Goal of the exercise. What is the number of lines below that contain the word "whether"? Respond with that number alone.

*** Entries provided Section Begins ***

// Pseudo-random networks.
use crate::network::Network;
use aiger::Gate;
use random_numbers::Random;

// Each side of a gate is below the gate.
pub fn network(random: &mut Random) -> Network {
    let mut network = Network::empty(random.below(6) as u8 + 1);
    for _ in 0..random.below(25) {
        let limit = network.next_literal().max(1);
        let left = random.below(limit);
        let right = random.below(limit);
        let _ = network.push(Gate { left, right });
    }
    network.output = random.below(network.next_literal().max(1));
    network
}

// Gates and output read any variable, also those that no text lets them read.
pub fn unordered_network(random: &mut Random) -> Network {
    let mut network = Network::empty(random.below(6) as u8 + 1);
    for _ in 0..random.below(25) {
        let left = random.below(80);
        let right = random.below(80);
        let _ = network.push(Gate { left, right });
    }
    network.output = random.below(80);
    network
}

*** Entries provided Section Ends ***
*** Entries provided Section Begins ***

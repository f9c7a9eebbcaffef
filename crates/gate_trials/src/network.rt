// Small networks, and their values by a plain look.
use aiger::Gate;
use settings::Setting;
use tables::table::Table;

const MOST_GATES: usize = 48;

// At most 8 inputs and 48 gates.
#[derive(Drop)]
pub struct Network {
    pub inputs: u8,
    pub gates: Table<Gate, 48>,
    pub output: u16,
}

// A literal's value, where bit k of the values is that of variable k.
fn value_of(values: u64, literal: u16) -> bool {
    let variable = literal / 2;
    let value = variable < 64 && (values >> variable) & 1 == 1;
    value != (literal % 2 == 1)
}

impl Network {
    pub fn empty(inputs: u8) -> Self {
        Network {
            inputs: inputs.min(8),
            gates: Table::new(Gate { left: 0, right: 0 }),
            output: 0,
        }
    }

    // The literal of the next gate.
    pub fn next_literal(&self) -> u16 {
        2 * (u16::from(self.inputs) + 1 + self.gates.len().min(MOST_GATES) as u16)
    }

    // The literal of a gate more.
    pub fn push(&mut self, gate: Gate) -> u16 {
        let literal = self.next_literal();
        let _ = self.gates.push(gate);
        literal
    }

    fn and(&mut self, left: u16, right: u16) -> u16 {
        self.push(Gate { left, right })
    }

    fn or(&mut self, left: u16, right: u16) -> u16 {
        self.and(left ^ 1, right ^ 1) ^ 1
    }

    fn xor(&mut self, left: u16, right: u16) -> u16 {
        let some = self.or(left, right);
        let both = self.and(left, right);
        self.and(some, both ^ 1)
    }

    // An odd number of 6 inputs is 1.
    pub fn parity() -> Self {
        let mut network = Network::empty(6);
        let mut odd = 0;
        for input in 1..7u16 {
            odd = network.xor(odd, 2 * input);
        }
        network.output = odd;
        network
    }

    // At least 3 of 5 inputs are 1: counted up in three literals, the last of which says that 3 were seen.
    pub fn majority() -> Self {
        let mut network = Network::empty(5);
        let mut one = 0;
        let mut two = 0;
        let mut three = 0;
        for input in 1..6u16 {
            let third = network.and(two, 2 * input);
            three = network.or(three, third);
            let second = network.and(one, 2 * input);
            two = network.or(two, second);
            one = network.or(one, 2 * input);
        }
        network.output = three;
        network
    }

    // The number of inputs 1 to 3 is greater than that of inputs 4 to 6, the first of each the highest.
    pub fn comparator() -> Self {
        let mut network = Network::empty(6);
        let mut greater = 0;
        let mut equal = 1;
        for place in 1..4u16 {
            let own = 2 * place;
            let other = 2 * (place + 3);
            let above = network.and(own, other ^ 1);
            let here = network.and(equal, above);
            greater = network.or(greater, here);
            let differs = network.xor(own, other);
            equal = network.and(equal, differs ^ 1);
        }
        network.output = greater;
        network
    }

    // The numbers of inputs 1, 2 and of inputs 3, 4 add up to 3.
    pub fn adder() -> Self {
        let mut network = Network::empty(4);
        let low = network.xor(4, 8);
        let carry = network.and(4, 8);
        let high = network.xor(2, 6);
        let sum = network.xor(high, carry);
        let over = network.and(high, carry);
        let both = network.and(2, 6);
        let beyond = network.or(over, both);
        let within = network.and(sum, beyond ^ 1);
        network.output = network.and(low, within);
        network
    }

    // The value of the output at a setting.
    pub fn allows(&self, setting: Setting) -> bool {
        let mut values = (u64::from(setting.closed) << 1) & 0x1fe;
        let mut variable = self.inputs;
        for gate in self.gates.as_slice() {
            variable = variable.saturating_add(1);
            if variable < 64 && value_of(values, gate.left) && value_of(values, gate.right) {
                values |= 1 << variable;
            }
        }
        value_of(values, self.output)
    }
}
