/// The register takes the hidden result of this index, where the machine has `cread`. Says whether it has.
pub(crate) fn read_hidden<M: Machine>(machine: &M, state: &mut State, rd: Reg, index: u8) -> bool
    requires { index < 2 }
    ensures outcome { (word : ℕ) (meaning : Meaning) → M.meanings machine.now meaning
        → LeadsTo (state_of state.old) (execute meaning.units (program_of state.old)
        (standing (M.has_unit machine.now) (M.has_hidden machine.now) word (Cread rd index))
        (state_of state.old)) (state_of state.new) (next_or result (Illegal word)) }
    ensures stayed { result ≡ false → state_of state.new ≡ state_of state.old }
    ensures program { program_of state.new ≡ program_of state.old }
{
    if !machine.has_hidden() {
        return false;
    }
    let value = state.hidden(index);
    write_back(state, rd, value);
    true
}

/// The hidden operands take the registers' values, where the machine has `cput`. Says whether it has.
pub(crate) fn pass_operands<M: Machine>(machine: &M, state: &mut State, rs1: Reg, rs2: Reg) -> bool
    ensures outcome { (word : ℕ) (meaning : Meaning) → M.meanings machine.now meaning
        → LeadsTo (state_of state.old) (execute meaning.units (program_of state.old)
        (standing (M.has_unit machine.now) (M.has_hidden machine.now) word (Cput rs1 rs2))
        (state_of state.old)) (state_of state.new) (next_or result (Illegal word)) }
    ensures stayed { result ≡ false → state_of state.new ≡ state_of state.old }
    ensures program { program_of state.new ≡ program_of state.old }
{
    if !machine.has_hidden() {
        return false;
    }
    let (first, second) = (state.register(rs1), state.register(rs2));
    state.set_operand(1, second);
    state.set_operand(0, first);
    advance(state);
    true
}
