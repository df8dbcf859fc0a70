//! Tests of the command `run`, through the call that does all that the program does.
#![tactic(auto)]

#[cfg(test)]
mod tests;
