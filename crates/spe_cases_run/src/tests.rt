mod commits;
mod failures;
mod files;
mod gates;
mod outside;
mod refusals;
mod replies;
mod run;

*** Entries provided Section Ends ***

Solved problem. 2